Carp Firing on All Cylinders

The first baseman's stock continues to rise as he makes yet another jump in the Mets' system. He has collected both team and individual awards during his tenure as he makes waves within the organization. The former California All-Star sat down with Inside Pitch Magazine on Saturday night after yet another snow out to start the season.

Consistency is the toughest challenge for young players. The ability to string together solid, valuable performances on a daily basis differentiate players of all levels. Mike Carp aims to rack up another productive season after his Sterling Award winning 2006 campaign. Now in his third new level of ball in three seasons, he knows this year is the most important one yet.

During his last two seasons, at Hagerstown and St. Lucie respectively, his playing time sharply increased which allowed him to find comfort on the diamond. In turn, his production went up and catapulted him to Binghamton in 2007. He remarked that although his game and mental approach have matured, his hunger for success has grown exponentially.

"I'm pretty excited about (playing at Binghamton). Another level of ball means I'm closer to my actual goal of reaching the big leagues. Facing the better competition will prepare me for the future. But, it also means I have to work that much harder. I'm ready for it. The more I put into it, the better the results," he said.

Carp hit his workouts with aggression even before he arrived at spring training. Over the winter he bulked up significantly as he added 20 pounds of muscle to his 6-foot-2 frame. Added weight has the potential to alter a hitter's swing and bat speed, but he contends that neither has been affected.

Besides hitting the gym, he detailed how this spring, he has changed the way he used the field. "I kept working on things I didn't do in 2005, which is hit and use the whole field. That really paid off last season. This spring, I hit a lot better off lefties than anyone which is huge for me."

Those signs of progress came as early as last season when he belted 11 of his 17 home runs to left field. Using the whole field will keep him more disciplined in the batter's box and prevent him from jumping at balls and becoming pull happy. The more he hones in his abilities, the further he will separate himself from other first basemen in the organization.

If there was one slight knock in his young career, it was his defense. Though opposite field hitting was his main offensive goal, Carp explained the methodical and intense defensive drills he endured during camp as he worked with Mets third base coach Sandy Alomar.

"I soaked up as much as I could from Coach Alomar. He took me under his wing; we worked together everyday. He's got a couple short range drills where he hits the ball at me from 10 to 15 feet with a fungo. It's all reaction drills and helps me work on my cross steps. It's a lot different than seeing the ball from 100 feet when the balls seem to come off the bat so slow. His drills really helped increase my range, I feel a lot more comfortable, so it really paid off," he said.

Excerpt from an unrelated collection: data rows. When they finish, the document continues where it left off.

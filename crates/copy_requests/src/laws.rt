//! Laws of what these requests are judged by, over the definitions alone. The functions do nothing: what
//! they ensure is the law.

ghost use Rattle.std.specs.Prelude.{◌≡◌, ◌≢◌, ◌↔◌, ℕ, ℤ, true, List, None, Some};
ghost use Rattle.batch_codec.specs.Values.{BatchValue};
ghost use Rattle.content.specs.declared.delivery.DeliverError.{DeliverError};
ghost use Rattle.cover_ranges.specs.Runs.{Runs, IsCanonical};
ghost use Rattle.content.specs.Content.{Content, IsContent, IsAcceptedStart};
ghost use Rattle.content.specs.Deliveries.{IsAccepted, Refuses};
ghost use Rattle.partition_log.specs.Appends.{IsGapless};
ghost use Rattle.partition_log.specs.Trims.{RefusesTrim};
ghost use Rattle.partition_log.specs.declared.trim.TrimError.{TrimError};
ghost use Rattle.partition_log.specs.declared.trim.TrimError.TheVariants as trim;
ghost use Rattle.deltas.specs.Deltas.{Delta};
ghost use Rattle.copy_images.specs.Reading.{IsBytes};
ghost use Rattle.copy_deltas.specs.declared.error.PatchError.{PatchError};
ghost use Rattle.copy_deltas.specs.declared.error.PatchError.TheVariants.{OutOfMemory};
ghost use Rattle.copy_deltas.specs.Applying.{TakesDelta, RefusesDelta};
ghost use Rattle.answering.specs.Lists.{first_some};
ghost use Rattle.copy_requests.specs.Codes.{patch_code, trim_code};
ghost use Rattle.copy_requests.specs.Deliver.{deliver_fault};
ghost use Rattle.copy_requests.specs.ExportDelta.{asked_fault};
ghost use Rattle.copy_requests.specs.Import.{is_gapless};
ghost use Rattle.copy_requests.specs.ImportDelta.{delta_faults};
ghost use Rattle.copy_requests.specs.Outcomes.{IsDeliverFault};
ghost use Rattle.copy_requests.specs.Trim.{trim_faults};

/// The fault for which a copy refuses a batch is the one that the checks of a reply find. They find none in
/// a batch that it takes.
pub fn deliver_faults()
    ensures refusal_is_fault { (c : Content) (b : BatchValue) (e : DeliverError) → IsContent c
        → Refuses c b e → IsDeliverFault e (deliver_fault c b) }
    ensures accepted_has_no_fault { (c : Content) (b : BatchValue) → IsContent c
        → IsAccepted c b → deliver_fault c b ≡ None }
{}

/// Whether a copy has no gap can be found out by its runs.
pub fn gaps_are_decided()
    ensures { (c : Content) → IsContent c → (is_gapless c ≡ true) ↔ IsGapless c }
{}

/// What may be asked for are the maximal ranges of a set of offsets, and nothing else.
pub fn asked_ranges_are_decided()
    ensures { (asked : Runs) → (asked_fault asked ≡ None) ↔ IsCanonical asked }
{}

/// The checks of a reply find a fault in bytes exactly where they are no delta that the copy may take, and
/// it is the one for which the copy refuses them.
pub fn delta_faults()
    ensures accepted { (c : Content) (bytes : List ℕ) → IsContent c → IsBytes bytes
        → (first_some (delta_faults c bytes) ≡ None) ↔ ((e : Delta) × TakesDelta c bytes e) }
    ensures refusal_is_fault { (c : Content) (bytes : List ℕ) (e : PatchError) → IsContent c
        → IsBytes bytes → e ≢ OutOfMemory → RefusesDelta c bytes e
        → first_some (delta_faults c bytes) ≡ Some (patch_code e) }
{}

/// The checks of a reply find a fault in a start exactly where it is not accepted of the copy, and it is
/// the one for which a copy refuses the start.
pub fn trim_faults()
    ensures accepted { (c : Content) (start : ℤ)
        → (first_some (trim_faults c start) ≡ None) ↔ IsAcceptedStart c start }
    ensures refusal_is_fault { (c : Content) (start : ℤ) (e : TrimError) → e ≢ trim.OutOfMemory
        → RefusesTrim c start e → first_some (trim_faults c start) ≡ Some (trim_code e) }
{}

Carp is strengthening all of his tools simultaneously. Still not even 21-years-old on Opening Day, he accepted his promotion to Binghamton as a challenge and position he refuses to relent. He also fights through any notion that 2007 could be a let down after the high praise of last season.

"I accepted the award as a sign of great respect from the organization. I didn't expect to win it; it wasn't my goal to win. I was caught up in getting wins for my team and the Sterling Award was just a great compliment to the season. The award has added more fuel to my fire to keep progressing and get better as a ball player," he said.

In a new environment and a new clubhouse, a tremendous opportunity awaits him. With a mirrored at-bat total from last season, and executed techniques, his ceiling will continue to rise. For now, "I just want to put myself that much closer to the big leagues whether it's this year, next year, whenever. I'd like to keep improving my defense and get my average above .300 at another new level," Carp closed.